Tidak semua perusahaan yang aktif melakukan benchmarking bisa memetik sukses seperti Xerox. Bahkan, bisa jadi lebih banyak yang gagal dan berakhir sebagai kegiatan ”sekadar jalan-jalan” ataupun ”kunjungan wisata”. Mengutip Robert J. Boxwell, dalam bukunya Benchmarking for Competitive Advantage (1994), ada tiga hal utama yang membuat aktivitas benchmarking tidak mendatangkan manfaat nyata. Dari pihak perusahaan yang akan dikunjungi dan dipelajari, masih ada yang tidak rela untuk membagikan pengalaman organisasinya kepada perusahaan lain. Mereka menganggap benchmarking hanyalah nama manis dari ”business spying” atau mata-mata bisnis. Perusahaan-perusahaan seperti ini takut ilmu dan praktek bisnisnya dicuri oleh pihak lain, sekalipun itu bukan kompetitor usahanya. Kalaupun akhirnya perusahaan ini menerima kunjungan dari perusahaan lain, yang dibagikan hanyalah sekadar company-profile yang tidak mendatangkan banyak pembelajaran.

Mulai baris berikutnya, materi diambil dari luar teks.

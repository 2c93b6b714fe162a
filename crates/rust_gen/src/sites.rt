//! What denotes the parameters of an import in its body.

ghost use Rattle.std.specs.Prelude.{◌≡◌, IfOk, map};
ghost use Rattle.rust_gen.specs.Body.{import_site, site_expr};

use func_gen::{ExprOperand, ParamSite};
use rust_tree::{Expr, to_rust_ident};
use std::alloc::Global;
use wit_model::{List, OutOfMemory, Param, Text, WitType};

/// The expression of a parameter of this type and name: a text and a type of the table are taken as they are, and all else by a reference.
fn site_expr(ty: WitType, name: Text) -> Expr
    ensures { result ≡ site_expr ty name }
{
    match ty {
        WitType::String | WitType::Id(_) => Expr::Local(name),
        _ => Expr::Ref(name),
    }
}

fn import_site(alloc: Global, p: &Param) -> Result<ParamSite, OutOfMemory>
    ensures { IfOk result (λ site. site ≡ import_site p.now) }
{
    let name = to_rust_ident(alloc, &p.name)?;
    let expr = site_expr(p.ty, name.copy(alloc)?);
    Ok(ParamSite {
        operand: ExprOperand { expr, kept: false },
        name,
    })
}

/// What denotes the parameters of an import, in their order.
pub(crate) fn import_sites(alloc: Global, params: &[Param]) -> Result<List<ParamSite>, OutOfMemory>
    ensures { IfOk result (λ sites. sites ≡ map import_site params.now) }
{
    let mut sites = List::new(alloc);
    for p in params {
        sites.push(import_site(alloc, p)?)?;
    }
    Ok(sites)
}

Sementara dari pihak perusahaan yang melakukan benchmarking, seringkali benchmarking dijalani dengan mentalitas ”copycat” dan ”not invented here”. Mereka yang memiliki sikap copycat alias meniru mentah-mentah, umumnya malas berpikir dan hanya siap menjiplak apa yang dilakukan oleh perusahaan lain. Mereka juga acapkali menganggap praktek dan sistem manajemen di perusahaan yang dikunjungi merupakan resep mujarab bagi permasalahan di organisasinya. Akibatnya, mereka seringkali merasa kecewa karena hasilnya tidak sesuai dengan yang diharapkan. Bukankah setiap perusahaan mempunyai konteksnya sendiri-sendiri, yang berbeda antara yang satu dengan yang lainnya. Sekali lagi, benchmarking adalah proses pembelajaran (learning), bukannya peniruan ataupun penjiplakan (copying).

Sementara, mereka yang terjangkiti sindroma ”not invented here” umumnya adalah mereka yang tidak sepenuhnya ”rela” untuk belajar. Mereka memandang kesuksesan organisasi lain semata-mata sebagai rezeki ilahiah yang hanya cukup untuk dipahami saja, bukannya untuk dipelajari. Sindroma ini seringkali menghinggapi organisasi-organisasi yang menganggap dirinya sukses, dan dengan demikian tidak merasa perlu untuk belajar dari organisasi lain. Benar adanya pepatah bijak ”kekuatan seringkali berhimpitan dengan kelemahan”. Kekuatan organisasi yang tercermin dari kesuksesan dan kehebatannya, seringkali mendatangkan kelemahan dalam bercermin dan belajar.

Benchmarking, pada akhirnya, adalah sebuah proses pembelajaran. Tanpa kesiapan untuk belajar dan kemampuan untuk mengolah bahan pembelajaran, benchmarking akan berakhir sebagai kunjungan wisata semata.